Exploring independent components shared on Bit’s component hub

Managing Independent Components with Bit — An Introduction

Once a Bit workspace is initialized in your project, each component can be source-controlled independently. That is the beginning of freedom for you and your components.

Bit’s source control doesn’t replace your project-level source control but adds another one, on top of it. This new layer understands what a component is and what its boundaries are.

Whenever a component is ready to be delivered, Bit builds it, tests it in its isolated environment, packages it, and publishes it to its relevant scope on Bit’s component hub.

Components, published on Bit are available to be examined and installed by others. That’s Bit, in a nutshell.

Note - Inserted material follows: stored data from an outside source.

ghost use Rattle.tests_structures.specs.Hooks.{counting};
ghost use Rattle.std.specs.Prelude.{◌≡◌, None, is_ok, true};
ghost use Rattle.task_group.specs.Heard.{Tells, notice_of};

use std::alloc::Global;
use std::cell::Cell;
use std::process::Abort;
use task_group::{GroupError, Groups, HookError, NoticeKind, Notices, TaskGroupHook, TaskGroupId};

// What was told is written down as two digits for each notice: what happened, and to which group.
const START: u64 = 1;

const ENTER: u64 = 2;

const EXIT: u64 = 3;

const FINISH: u64 = 4;

fn written(kind: NoticeKind) -> u64 {
    match kind {
        NoticeKind::Start => START,
        NoticeKind::Enter => ENTER,
        NoticeKind::Exit => EXIT,
        NoticeKind::Finish => FINISH,
    }
}

// A hook that writes down what it is told, and answers each notice of one kind with an error.
#[derive(Drop)]
struct Recorder<'a> {
    told: &'a Cell<u64>,
    fails: u64,
    errors: u64,
}

impl Recorder<'_> {
    fn answer(&mut self, kind: NoticeKind, id: TaskGroupId) -> Result<(), HookError>
        ensures { Tells (notice_of kind id) (counting self.old.errors) (counting self.new.errors) (is_ok result) }
    {
        let kind = written(kind);
        let notice = kind.wrapping_mul(10).wrapping_add(id.number);
        let before = self.told.get().wrapping_mul(100);
        self.told.set(before.wrapping_add(notice));
        if self.fails == kind && self.errors < u64::MAX {
            self.errors += 1;
            return Err(HookError);
        }
        Ok(())
    }
}

impl TaskGroupHook for Recorder<'_> {
    ghost heard = { λ r. record { told = None; answers = None; errors = r.errors } };

    ghost listens = { true };

    fn listens() -> bool
        ensures { result ≡ true }
    {
        true
    }

    fn handle_start(&mut self, id: TaskGroupId) -> Result<(), HookError> {
        self.answer(NoticeKind::Start, id)
    }

    fn handle_enter(&mut self, id: TaskGroupId) -> Result<(), HookError> {
        self.answer(NoticeKind::Enter, id)
    }

    fn handle_exit(&mut self, id: TaskGroupId) -> Result<(), HookError> {
        self.answer(NoticeKind::Exit, id)
    }

    fn handle_finish(&mut self, id: TaskGroupId) -> Result<(), HookError> {
        self.answer(NoticeKind::Finish, id)
    }
}

type Watched<'a> = Groups<Box<Recorder<'a>>>;

fn id(number: u64) -> TaskGroupId {
    TaskGroupId { number }
}

// Groups whose hook writes to this cell and fails at notices of this kind.
fn watched<'a>(rt: &impl Abort, alloc: Global, told: &'a Cell<u64>, fails: u64) -> Watched<'a> {
    let hook = Recorder {
        told,
        fails,
        errors: 0,
    };
    let Ok(hook) = Box::new(alloc, hook) else {
        panic!(rt; "no memory")
    };
    let mut groups = Groups::new(alloc);
    assert!(rt; groups.made() == 0 && groups.keep_notices(6).is_ok());
    groups.set_hook(hook);
    groups
}

// A new group has this number; or, where that is 0, the hook failed.
fn made(rt: &impl Abort, groups: &mut Watched<'_>, number: u64) {
    assert!(rt; groups.made() < 9);
    let made = number_of(groups.make());
    assert!(rt; made == number);
}

// The group's number, or 0 if the hook failed.
fn number_of(made: Result<TaskGroupId, GroupError>) -> u64 {
    match made {
        Ok(id) => id.number,
        Err(GroupError::HookFailed) => 0,
        Err(GroupError::NoMemory) => u64::MAX,
    }
}

// One more task in a group of one.
fn raised(rt: &impl Abort, groups: &mut Watched<'_>, number: u64) {
    let group = TaskGroupId { number };
    assert!(rt; groups.count(group) == 1);
    groups.increment(group);
    assert!(rt; groups.count(group) == 2);
}

// Whether the hook took both notices.
fn switches(groups: &mut Watched<'_>, old: Option<u64>, new: u64) -> bool {
    let old = match old {
        Some(old) => Some(id(old)),
        None => None,
    };
    groups.switch(old, Some(id(new))).is_ok()
}

// Whether the group finished.
fn lowers(groups: &mut Watched<'_>, number: u64) -> bool {
    matches!(groups.decrement(id(number)), Ok(true))
}

// Two groups, the first with two tasks.
fn two_made(rt: &impl Abort, groups: &mut Watched<'_>) {
    made(rt, groups, 1);
    made(rt, groups, 2);
    raised(rt, groups, 1);
}

// A thread goes from group to group.
fn all_switch(groups: &mut Watched<'_>) -> bool {
    let enters = switches(groups, None, 1);
    let stays = switches(groups, Some(1), 1);
    let goes = switches(groups, Some(1), 2);
    enters && stays && goes
}

// A group of two finishes with the second.
fn second_lowers(groups: &mut Watched<'_>) -> bool {
    let first = lowers(groups, 1);
    let second = lowers(groups, 1);
    let third = lowers(groups, 1);
    !first && second && !third
}

#[test]
fn notices_in_order(rt: HostRuntime) {
    let told = Cell::new(0);
    let mut groups = watched(&rt, rt.alloc(), &told, 0);
    two_made(&rt, &mut groups);
    assert!(rt; all_switch(&mut groups));
    assert!(rt; second_lowers(&mut groups));
    assert!(rt; switches(&mut groups, Some(2), 1));
    groups.clean_up(Some(id(2)));
    assert!(rt; told.get() == 11_12_21_31_22_41_32_32_42);
    assert!(rt; groups.notices().len() == 6);
}

// A hook that fails at notices of one kind: the first group made, or 0, and then what is told.
fn fails_at(rt: &impl Abort, alloc: Global, kind: u64, first: u64, want: u64) {
    let told = Cell::new(0);
    let mut groups = watched(rt, alloc, &told, kind);
    made(rt, &mut groups, first);
    made(rt, &mut groups, first.wrapping_mul(2));
    let (switched, finished) = (switches(&mut groups, Some(1), 2), lowers(&mut groups, 1));
    assert!(rt; switched == (kind == START || kind == FINISH));
    assert!(rt; finished == (kind == ENTER || kind == EXIT));
    assert!(rt; groups.finish_all().is_ok() == (kind != FINISH));
    assert!(rt; told.get() == want);
}

#[test]
fn failing_hooks(rt: HostRuntime) {
    fails_at(&rt, rt.alloc(), START, 0, 11_11);
    fails_at(&rt, rt.alloc(), ENTER, 1, 11_12_31_22_41_42);
    fails_at(&rt, rt.alloc(), EXIT, 1, 11_12_31_41_42);
    fails_at(&rt, rt.alloc(), FINISH, 1, 11_12_31_22_41_42);
}

#[test]
fn no_hook(rt: HostRuntime) {
    let mut groups: Groups = Groups::new(rt.alloc());
    assert!(rt; groups.keep_notices(1).is_ok());
    let made = number_of(groups.make());
    let finished = matches!(groups.decrement(id(made)), Ok(true));
    assert!(rt; finished && first_starts(groups.notices(), 1));
}

// A list has what was kept before it was asked for, and what is kept later goes on behind that.
#[test]
fn shared_lists(rt: HostRuntime) {
    let mut groups: Groups = Groups::new(rt.alloc());
    assert!(rt; groups.keep_notices(3).is_ok());
    let made = number_of(groups.make());
    let early = match groups.share_notices(rt.alloc()) {
        Ok(list) => list.notices().len(),
        Err(_) => 0,
    };
    let entered = groups.switch(None, Some(id(made))).is_ok();
    let late = match groups.share_notices(rt.alloc()) {
        Ok(list) => list.notices().len(),
        Err(_) => 0,
    };
    let left = groups.switch(Some(id(made)), None).is_ok();
    assert!(rt; entered && left && early == 1 && late == 2);
    assert!(rt; groups.notices().len() == 3 && first_starts(groups.notices(), made));
}

// Whether the first notice is that this group starts.
fn first_starts(notices: Notices<'_>, number: u64) -> bool {
    let mut left = notices;
    match left.next() {
        Some(notice) => matches!(notice.kind, NoticeKind::Start) && notice.group == number,
        None => false,
    }
}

But why talk when we can walk ?— here’s a quick demo (for a more detailed one — see here)

I’ll create a new create-react-app project with TypeScript:

$ npx create-react-app jokes-app --template typescript

I’ll then create a simple button:

Remember that component could be any feature — large or small, “smart” or “dumb”

|-- src
|-- button
|-- button.tsx
|-- button.module.scss
|-- button.spec.js
|-- button.ts

I’ll now start tracking this Button component as an independent feature. Once that component is published to Bit’s component hub, it can be used everywhere.

// initialize a Bit workspace
$ bit init
// track the Button component
$ bit add src/button
// set a compiler (giving it what it needs to be independent)
$ bit import bit.envs/compilers/react-typescript --compiler
// build, test and package it
$ bit tag button
// share it to a collection/ deliver it to other projects
// first, you'll need to create a scope or collection in Bit.dev
$ bit export eden.jokes-app
https://bit.dev/eden/jokes-app/ui/button

Working as Autonomous Teams: Bit Features and Principles

Documentation

Real-time exchange of knowledge is limited by the availability of either side of that exchange. That is a frequent source of blockers to progress.

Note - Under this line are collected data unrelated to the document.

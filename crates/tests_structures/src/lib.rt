//! Tests of the plain data and of the structures that the component's state is made of: tables, links, handles, strands
//! and groups.
//!
//! They are in a crate of their own, so that those crates are proved without them.
#![tactic(auto)]

#[cfg(test)]
mod group;
#[cfg(test)]
mod handles;
#[cfg(test)]
mod machine;
#[cfg(test)]
mod notices;
#[cfg(test)]
mod rooms;
#[cfg(test)]
mod strand;
#[cfg(test)]
mod table;
#[cfg(test)]
mod wait;
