//! Calls that are polled, and calls with typed parameters.
ghost use Rattle.std.specs.Prelude.{◌≡◌, IfSome, IsSome, None};
ghost use Rattle.task_loop.specs.LoopCalls.{callee_of};
ghost use Rattle.machine_rules.specs.Scripts.{export_at};
ghost use Rattle.core_primitives.specs.Groups.{IsAsked};
ghost use Rattle.task_store.specs.Hosts.{HoldsHosts};
ghost use Rattle.ops_turns.specs.Turn.{CoreInOrder, given, running_of};
ghost use Rattle.ops_turns.specs.WellFormed.{IsWellFormed};

use crate::drive::{CALLEE, Host, component, store};
use futures::task::Poll;
use machine_data::Turn;
use std::process::Abort;
use task_loop::{
    Component, FromWord, Outcome, Trace, TypedFunc, TypedFuncCallConcurrent, Words, run_concurrent,
};
use task_store::{HostWork, ScriptedHost, Store};

// Drives the store until nothing goes on.
fn drive(
    rt: &impl Abort,
    alloc: std::alloc::Global,
    component: &Component,
    store: &mut Store<(), ScriptedHost>,
)
    requires covered { IsWellFormed component.now }
    requires order { CoreInOrder component.now Turn.Main store.old.state.core }
    requires given { given store.old.state.core ≡ 2 }
    requires current { running_of store.old.state ≡ None }
    requires hosts { HoldsHosts ⟦<ScriptedHost as HostWork>⟧.course store.old }
    requires groups { IsAsked store.old.state }
{
    let Ok(mut run) = run_concurrent(store, false) else {
        panic!(rt; "a run")
    };
    let mut main = Host { answer: None };
    let mut trace = Trace::new(alloc);
    let outcome = run.drive(component, store, &mut main, 16, &mut trace);
    assert!(rt; matches!(outcome, Ok(Outcome::Idle)));
    run.end(store);
}

// A call of the export with one typed parameter.
fn called(
    rt: &impl Abort,
    component: &Component,
    store: &mut Store<(), ScriptedHost>,
    func: &TypedFunc<u64, u64>,
) -> TypedFuncCallConcurrent<u64, u64>
    requires func { func.now.func ≡ CALLEE }
    requires covered { IsWellFormed component.now }
    requires there { IsSome (export_at component.now (callee_of CALLEE)) }
    requires params { IfSome (export_at component.now (callee_of CALLEE)) (λ e. 1 ≡ e.params) }
    requires order { CoreInOrder component.now Turn.Main store.old.state.core }
    requires given { given store.old.state.core ≡ 0 }
    requires current { running_of store.old.state ≡ None }
    requires hosts { HoldsHosts ⟦<ScriptedHost as HostWork>⟧.course store.old }
    requires groups { IsAsked store.old.state }
    ensures order { CoreInOrder component.now Turn.Main store.new.state.core }
    ensures given { given store.new.state.core ≡ 2 }
    ensures current { running_of store.new.state ≡ None }
    ensures hosts { HoldsHosts ⟦<ScriptedHost as HostWork>⟧.course store.new }
    ensures groups { IsAsked store.new.state }
{
    match func.start_call_concurrent(component, store, 7) {
        Ok(call) => call,
        Err(_) => panic!(rt; "a call"),
    }
}

#[test]
fn a_typed_call_is_started_and_finished(rt: HostRuntime) {
    let component = component(&rt, rt.alloc());
    let mut store = store(&rt, rt.alloc(), &component);
    let func: TypedFunc<u64, u64> = TypedFunc::new(CALLEE);
    let mut call = called(&rt, &component, &mut store, &func);
    assert!(rt; call.group().number == 1);
    drive(&rt, rt.alloc(), &component, &mut store);
    let result = func.finish_call_concurrent(&mut store, &mut call);
    assert!(rt; matches!(result, Poll::Ready(9)));
}

#[test]
fn a_typed_call_is_polled(rt: HostRuntime) {
    let component = component(&rt, rt.alloc());
    let mut store = store(&rt, rt.alloc(), &component);
    let func: TypedFunc<u64, u64> = TypedFunc::new(CALLEE);
    let mut call = func.call_concurrent(7);
    assert!(rt; call.poll(&component, &mut store).is_pending());
}

#[test]
fn a_call_is_polled(rt: HostRuntime) {
    let component = component(&rt, rt.alloc());
    let mut store = store(&rt, rt.alloc(), &component);
    let Ok(mut call) = CALLEE.call_concurrent(rt.alloc(), &component, &[7]) else {
        panic!(rt; "a call")
    };
    assert!(rt; call.poll(&component, &mut store).is_pending());
}

#[test]
fn a_number_is_one_word(rt: HostRuntime) {
    assert!(rt; 5u64.word(0) == 5);
    assert!(rt; u64::from_word(6) == 6);
}
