use futures::task::Poll;
use std::alloc::Global;
use task_store::{
    CallContext, ComponentInstanceId, ComponentTasksNotConcurrent, RuntimeInstance, ScriptedHost,
    Store, StoreComponentInstanceId, run_manual_drop_routines,
};

fn store(alloc: Global, concurrent: bool) -> Store<u8, ScriptedHost> {
    Store::new(alloc, 5, concurrent, 1)
}

#[test]
fn a_store_tells_its_instances(rt: HostRuntime) {
    let mut store: Store<u8, ScriptedHost> = Store::new(rt.alloc(), 5, true, 1);
    assert!(rt; store.next_component_instance_id() == ComponentInstanceId(0));
    assert!(rt; store.add_instance().is_ok());
    assert!(rt; store.next_component_instance_id() == ComponentInstanceId(1));
    let mut given_out = 3;
    store.decrement_allocator_resources(&mut given_out);
    assert!(rt; given_out == 2);
}

#[test]
fn a_store_tells_its_fuel(rt: HostRuntime) {
    let mut store = store(rt.alloc(), true);
    assert!(rt; store.is_concurrent());
    assert!(rt; store.hostcall_fuel() == 134_217_728);
    store.set_hostcall_fuel(9);
    assert!(rt; store.hostcall_fuel() == 9);
}

#[test]
fn a_new_store_is_empty(rt: HostRuntime) {
    let store: Store<u8, ScriptedHost> = Store::new(rt.alloc(), 5, true, 1);
    assert!(rt; store.concurrent_state_empty());
    assert!(rt; store.concurrent_state_table_size() == 0);
}

#[test]
fn an_instance_belongs_to_its_store(rt: HostRuntime) {
    let id = StoreComponentInstanceId {
        store: 7,
        instance: ComponentInstanceId(0),
    };
    assert!(rt; id.belongs_to(7) && !id.belongs_to(8));
}

#[test]
fn scopes_are_one_above_the_other(rt: HostRuntime) {
    let mut tasks = ComponentTasksNotConcurrent::new(rt.alloc());
    assert!(rt; tasks.enter_call().is_ok() && tasks.enter_call().is_ok());
    assert!(rt; tasks.set_call_context(1, CallContext { borrows: 4 }));
    assert!(rt; tasks.call_context(1).is_some_and(|x| x.borrows == 4));
    assert!(rt; tasks.call_context(2).is_none());
    assert!(rt; tasks.exit_call() && tasks.exit_call() && !tasks.exit_call());
}

#[test]
fn a_store_lets_go_what_it_holds(rt: HostRuntime) {
    let mut store = store(rt.alloc(), true);
    run_manual_drop_routines(rt.alloc(), &mut store);
    assert!(rt; store.trapped());
}

#[test]
fn a_quiet_store_is_ready(rt: HostRuntime) {
    let mut store: Store<u8, ScriptedHost> = Store::new(rt.alloc(), 5, true, 1);
    assert!(rt; store.next_component_instance_id() == ComponentInstanceId(0));
    assert!(rt; store.add_instance().is_ok());
    let instance = RuntimeInstance {
        instance: ComponentInstanceId(0),
        index: 0,
    };
    assert!(rt; matches!(store.poll_no_interesting_tasks(), Poll::Ready(())));
    assert!(rt;
        matches!(
            store.poll_ready_for_concurrent_call(instance),
            Poll::Ready(())
        )
    );
}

These sorts of ephemeral conversations often repeat themselves with other teammates as they are not documented.

Independent developers or teams make use of Bit to document their own features, their own components. That’s done in two way:

  1. Bit auto-generates documentation by parsing the code
  2. Bit identifies the README file in the component directory and renders it in the component page, on Bit’s component hub

API-first Approach

Another way to eliminate impediments caused by lack of information is by obviating the need for that information, in the first place. Independent components with a clear API enable just that. They can be treated as “black boxes” — their implementation is simply irrelevant, making them simple and easy to use.

“Bite-Size” Codebases

Becoming an expert on a small and decoupled project is much easier than dealing with a huge monolith. That’s even more critical for novice developers or when onboarding newly-hired developers. They can start working independently right away as they only have to deal with a single component.

Independent CI and Delivery

To ensure each frontend gets its own independent and fast build process, Bit also provides a unique CI/CD process that is 100% component-driven, meaning that different teams can safely integrate changes without having to wait, fight over master, or break anything. Developers can continuously and safely propagate changes to components across all affected applications.

Instead of building every monolithic project in one build process that all teams have to go through, the component-driven CI splits the build process so that it only runs on the components that changed and propagates the changes infinity up their dependency graph, to build every affected component, on every page, in every app.

Automatic Notifications

Bit integrates with Slack to notify your team or organization of “actions” made on shared components. These actions include component exports (when sharing a new or updated component), component imports (when consuming a new or updated component), and component removals.

This automation gives another level of freedom as information crucial to other developers is always shared and received when needed, even when a developer is unaware of the need to share that info.